Sono quindi convinto che il buon amministratore – d’azienda, d’ente locale, di condominio – lo sia, e lo debba a maggior ragione essere, quando il portafoglio l’ha metaforicamente perso. Lasciamo perdere, anche se faccio proprio per dire, il fatto di non aver presentato alcun progetto in occasione di un bando generoso, ma ora che non ci sono più mascherine da distribuire nelle buche delle lettere sembra che quest’amministrazione si sia spenta. Non che quelle precedenti brillassero di luce propria, inteso.

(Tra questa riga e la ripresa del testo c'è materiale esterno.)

//! The structure words.

ghost use Rattle.std.specs.Prelude.{OnOk, IfErr};
ghost use Rattle.compiler.specs.Promise.{Added, Refused, BodiesStay};
ghost use Rattle.compiler.specs.Represents.{IsSound};
ghost use Rattle.lexicon.specs.Structures.{adding};

use cell_machine::code::Code;
use compiler::{CompileRefusal, Compiler};
use system_words::words::Structure;

/// Adds a structure word, or `DOES>`, to the open definition.
pub(crate) fn add_to(
    compiler: &mut Compiler,
    code: &mut Code,
    structure: Structure,
) -> Result<(), CompileRefusal>
    requires { IsSound compiler.old code.old }
    ensures added { OnOk result (Added compiler.old code.old compiler.new code.new (adding structure)) }
    ensures refused { IfErr result (Refused compiler.old code.old compiler.new code.new (adding structure)) }
    ensures bodies { BodiesStay compiler.old code.old compiler.new code.new }
{
    match structure {
        Structure::If => compiler.add_if(code),
        Structure::Else => compiler.add_else(code),
        Structure::Then => compiler.add_then(code),
        Structure::Begin => compiler.add_begin(code),
        Structure::Until => compiler.add_until(code),
        Structure::While => compiler.add_while(code),
        Structure::Repeat => compiler.add_repeat(code),
        Structure::Do => compiler.add_do(code),
        Structure::Loop => compiler.add_loop(code),
        Structure::PlusLoop => compiler.add_plus_loop(code),
        Structure::Leave => compiler.add_leave(code),
        Structure::Does => compiler.add_does(code),
    }
}
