/// The page that a query asks for, the first where it asks for none.
fn page_in(alloc: Global, query: &str) -> Result<u32, Unrouted>
    ensures { Gives (λ page. page) Unrouted.Memory result
        (page_asked (given_of page_reads query.now)) }
{
    match given_in(alloc, &PAGE_READS, query) {
        Ok(Ok(given)) => match page_or_first(given.as_slice()) {
            Ok(page) => Ok(page),
            Err(code) => Err(Unrouted::Query(code)),
        },
        Ok(Err(code)) => Err(Unrouted::Query(code)),
        Err(_) => Err(Unrouted::Memory),
    }
}

/// A read that no parameter changes.
fn shown(alloc: Global, read: Read, query: &str) -> Result<Read, Unrouted>
    ensures { Gives (λ read. read) Unrouted.Memory result
        (shown read (given_of [] query.now)) }
{
    match given_in(alloc, &READS_NOTHING, query) {
        Ok(given) => match given {
            Ok(_) => Ok(read),
            Err(code) => Err(Unrouted::Query(code)),
        },
        Err(_) => Err(Unrouted::Memory),
    }
}

/// A search with its query, or the first refusal of the query.
fn searched(alloc: Global, manifest: Name, query: &str) -> Result<Read, Unrouted>
    ensures { Gives (λ read. read) Unrouted.Memory result
        (searched manifest (query_of (row_of kind.Search).get query.now)) }
{
    match read_query(alloc, &SEARCH_PARAMETERS, query) {
        Ok(query) => Ok(Read::Search { manifest, query }),
        Err(error) => Err(query_refused(error)),
    }
}

fn query_refused(error: QueryError) -> Unrouted
    ensures { result ≡ query_refused error }
{
    match error {
        QueryError::Twice { name } => Unrouted::Query(Code::Twice { name }),
        QueryError::Date { at } => Unrouted::Query(Code::Date { at }),
        QueryError::Page => Unrouted::Query(Code::Page),
        QueryError::Bytes => Unrouted::Query(Code::Bytes),
        QueryError::Memory => Unrouted::Memory,
    }
}

/// A completion with what it asks, or the first refusal of that.
fn completed(alloc: Global, manifest: Name, query: &str) -> Result<Read, Unrouted>
    ensures { Gives (λ read. read) Unrouted.Memory result
        (completed manifest (ask_of query.now)) }
{
    match read_ask(alloc, query) {
        Ok(ask) => Ok(Read::Complete { manifest, ask }),
        Err(error) => Err(ask_refused(error)),
    }
}

fn ask_refused(error: AskError) -> Unrouted
    ensures { result ≡ ask_refused error }
{
    match error {
        AskError::NoPrefix => Unrouted::Query(Code::Prefix),
        AskError::Min => Unrouted::Query(Code::Min),
        AskError::Twice { name } => Unrouted::Query(Code::Twice { name }),
        AskError::Date { at } => Unrouted::Query(Code::Date { at }),
        AskError::Bytes => Unrouted::Query(Code::Bytes),
        AskError::Memory => Unrouted::Memory,
    }
}

/// A search on several manifests, or the first refusal of its query.
fn gathered(alloc: Global, query: &str) -> Result<Read, Unrouted>
    ensures { Gives (λ read. read) Unrouted.Memory result (gathered (gather_of query.now)) }
{
    match read_gather(alloc, query) {
        Ok(gather) => Ok(Read::GatherSearch { gather }),
        Err(error) => Err(gather_refused(error)),
    }
}

fn gather_refused(error: GatherError) -> Unrouted
    ensures { result ≡ gather_refused error }
{
    match error {
        GatherError::Manifests { at } => Unrouted::Query(Code::Manifests { at }),
        GatherError::Query(error) => query_refused(error),
    }
}

/// A completion on several manifests, or the first refusal of its query.
fn gather_completed(alloc: Global, query: &str) -> Result<Read, Unrouted>
    ensures { Gives (λ read. read) Unrouted.Memory result
        (gather_completed (gather_ask_of query.now)) }
{
    match read_gather_ask(alloc, query) {
        Ok(ask) => Ok(Read::GatherComplete { ask }),
        Err(error) => Err(gather_ask_refused(error)),
    }
}

fn gather_ask_refused(error: GatherAskError) -> Unrouted
    ensures { result ≡ gather_ask_refused error }
{
    match error {
        GatherAskError::Manifests { at } => Unrouted::Query(Code::Manifests { at }),
        GatherAskError::Ask(error) => ask_refused(error),
    }
}

// ---- writes

fn put_at(alloc: Global, path: Path, query: &str) -> Result<Route, Unrouted>
    ensures { Gives (λ route. route) Unrouted.Memory result (put_at path query.now) }
{
    match path {
        Path::Object(object) => match put_of(alloc, object, query) {
            Ok(write) => written(write),
            Err(_) => Err(Unrouted::Memory),
        },
        _ => Err(Unrouted::Method),
    }
}

fn delete_at(alloc: Global, path: Path, query: &str) -> Result<Route, Unrouted>
    ensures { Gives (λ route. route) Unrouted.Memory result (delete_at path query.now) }
{
    match path {
        Path::Object(object) => match deletion_of(alloc, object, query) {
            Ok(write) => written(write),
            Err(_) => Err(Unrouted::Memory),
        },
        _ => Err(Unrouted::Method),
    }
}

fn written(write: Result<WriteRoute, Code>) -> Result<Route, Unrouted>
    ensures { result ≡ written write }
{
    match write {
        Ok(write) => Ok(Route::Write(write)),
        Err(code) => Err(Unrouted::Query(code)),
    }
}

/// The put of an object, with what its query gives.
fn put_of(
    alloc: Global,
    object: Object,
    query: &str,
) -> Result<Result<WriteRoute, Code>, AllocError>
    ensures { IfOk result (λ write. write ≡ put_of object query.now) }
{
    match given_in(alloc, put_reads(&object), query)? {
        Ok(given) => match version_of(given.as_slice()) {
            Some(version) => put_with(alloc, object, given.as_slice(), version),
            None => Ok(Err(Code::VersionForm)),
        },
        Err(refusal) => Ok(Err(refusal)),
    }
}

fn put_with(
    alloc: Global,
    object: Object,
    given: &[Pair],
    version: u32,
) -> Result<Result<WriteRoute, Code>, AllocError>
    ensures { IfOk result (λ write. write ≡ put_with object given.now version) }
{
    match object {
        Object::Reader(name) => Ok(Ok(WriteRoute::PutReader { name, version })),
        Object::Manifest(name) => manifest_put(alloc, name, given, version),
        Object::Note { owner, name } => note_put(alloc, owner, name, given, version),
    }
}

fn manifest_put(
    alloc: Global,
    name: Name,
    given: &[Pair],
    version: u32,
) -> Result<Result<WriteRoute, Code>, AllocError>
    ensures { IfOk result (λ write. write ≡ manifest_put name given.now version) }
{
    match group_of(alloc, given)? {
        Some(group) => Ok(Ok(WriteRoute::PutManifest {
            name,
            version,
            group,
        })),
        None => Ok(Err(Code::Group)),
    }
}

fn note_put(
    alloc: Global,
    owner: Name,
    name: Name,
    given: &[Pair],
    version: u32,
) -> Result<Result<WriteRoute, Code>, AllocError>
    ensures { IfOk result (λ write. write ≡ note_put owner name given.now version) }
{
    match manifest_of(alloc, given)? {
        Some(manifest) => match inner_of(alloc, given)? {
            Some(group) => Ok(Ok(WriteRoute::PutNote {
                owner,
                name,
                version,
                manifest,
                group,
            })),
            None => Ok(Err(Code::Group)),
        },
        None => Ok(Err(Code::Manifest)),
    }
}

/// The deletion of an object, which reads its number alone.
fn deletion_of(
    alloc: Global,
    object: Object,
    query: &str,
) -> Result<Result<WriteRoute, Code>, AllocError>
    ensures { IfOk result (λ write. write ≡ deletion_of object query.now) }
{
    match given_in(alloc, &NUMBER_READS, query)? {
        Ok(given) => match version_of(given.as_slice()) {
            Some(version) => Ok(Ok(deletion(object, version))),
            None => Ok(Err(Code::VersionForm)),
        },
        Err(refusal) => Ok(Err(refusal)),
    }
}
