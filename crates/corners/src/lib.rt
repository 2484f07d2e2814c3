// Checks 3 and 4: unfit and repeated corners.
// Side 0 is none: what the pass has found so far is a code, of which its facts speak (`Scanned`, `Repeating`).
#![tactic(auto)]

ghost use Rattle.std.specs.Prelude.{◌≡◌, ◌+◌, ◌*◌, ◌≤◌, length};
ghost use Rattle.rules.specs.Elements.{elements, max_element};
ghost use Rattle.rules.specs.Refusals.{gives, row_checks};
ghost use Rattle.answer.specs.Numbers.{checked};
ghost use Rattle.corners.specs.Faults.{no_vertex, number_in, UnfitIn, RepeatedIn, Repeating};

use answer::{Reason, Refusal};
use halfedge::{code_at, row};

fn no_vertex(n: u32, x: u32) -> bool
    ensures { result ≡ no_vertex n x }
{
    x == 0 || n < x
}

// The place in a row of its first corner that is no vertex.
fn unfit_in(n: u32, row: [u32; 4]) -> Option<usize>
    ensures { UnfitIn n row (number_in result) }
{
    if no_vertex(n, row[0]) {
        return Some(0);
    }
    if no_vertex(n, row[1]) {
        return Some(1);
    }
    if no_vertex(n, row[2]) {
        return Some(2);
    }
    if n < row[3] {
        return Some(3);
    }
    None
}

// The place in a row of its first corner that equals an earlier one.
fn repeated_in(row: [u32; 4]) -> Option<usize>
    ensures { RepeatedIn row (number_in result) }
{
    if row[1] == row[0] {
        return Some(1);
    }
    if row[2] == row[0] || row[2] == row[1] {
        return Some(2);
    }
    if row[3] == 0 {
        return None;
    }
    if row[3] == row[0] || row[3] == row[1] || row[3] == row[2] {
        return Some(3);
    }
    None
}

// The first repeated corner: the one found before, or else that of the row at a.
fn first_repeated(found: u32, a: usize, row: [u32; 4]) -> u32
    requires { a + 4 ≤ 4 * max_element }
    ensures { Repeating a row found result }
{
    if found != 0 {
        return found;
    }
    match repeated_in(row) {
        Some(i) => code_at(a + i),
        None => 0,
    }
}

// What checks 3 and 4 say, in one pass.
pub fn check_rows(n: u32, list: &[u32]) -> Result<(), Refusal>
    requires { (length list.now ≡ 4 * elements list.now) × (elements list.now ≤ max_element) }
    ensures { checked result ≡ row_checks n list.now (gives 0 0) }
{
    let mut repeated = 0;
    for f in 0..list.len() / 4 {
        let a = 4 * f;
        let corners = row(&list[a..a + 4]);
        if let Some(i) = unfit_in(n, corners) {
            return Err(Refusal::at_side(Reason::Unfit, code_at(a + i)));
        }
        repeated = first_repeated(repeated, a, corners);
    }
    if repeated != 0 {
        return Err(Refusal::at_side(Reason::Repeated, repeated));
    }
    Ok(())
}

La sbandierata assegnazione di qualche congrua briciola di bando, leggo che sarà destinata all’immobile in cui era dimorata la vecchia biblioteca di via Pietro Micca. Ma non per una ristrutturazione totale: solo per una parte che andrà a contenere ciò che, per ragioni di spazio, non sta nella nuova biblioteca di piazza Curiel, facendone di fatto un deposito di libri. Perché la nostra biblioteca civica ha anche una funzione conservativa e non è che semplicemente si possono buttare via i libri vecchi per fare spazio a quelli nuovi, banalizzando.

La questione è che la vecchia biblioteca era ospitata già da anni in un ambiente inadeguato, e la fantasia nostalgica di un allora assessore, oggi asceso a scranni più alti anche se insiste nel tentativo di burattinare la politica locale, ha fatto in modo di spostare il problema di 100 metri al solo scopo di verniciare a nuovo un buon esempio d’architettura del ventennnio. Ora, se non proprio la fantasia (mentre la nostalgia si sa che è canaglia), almeno un esercizio del pensiero laterale sarebbe stato opportuno, visto che il problema non si è presentato come un’emergenza, ma era ben presente fin da prima del trasferimento. Altre soluzioni erano certo possibili e pianificabili.

Insomma quelli di adesso è evidente che sono tempi duri, ma sono quelli nei quali il gioco si fa duro che i duri dovrebbero cominciare a giocare. Anche con la fantasia, che non è mai risorsa da sottovalutare.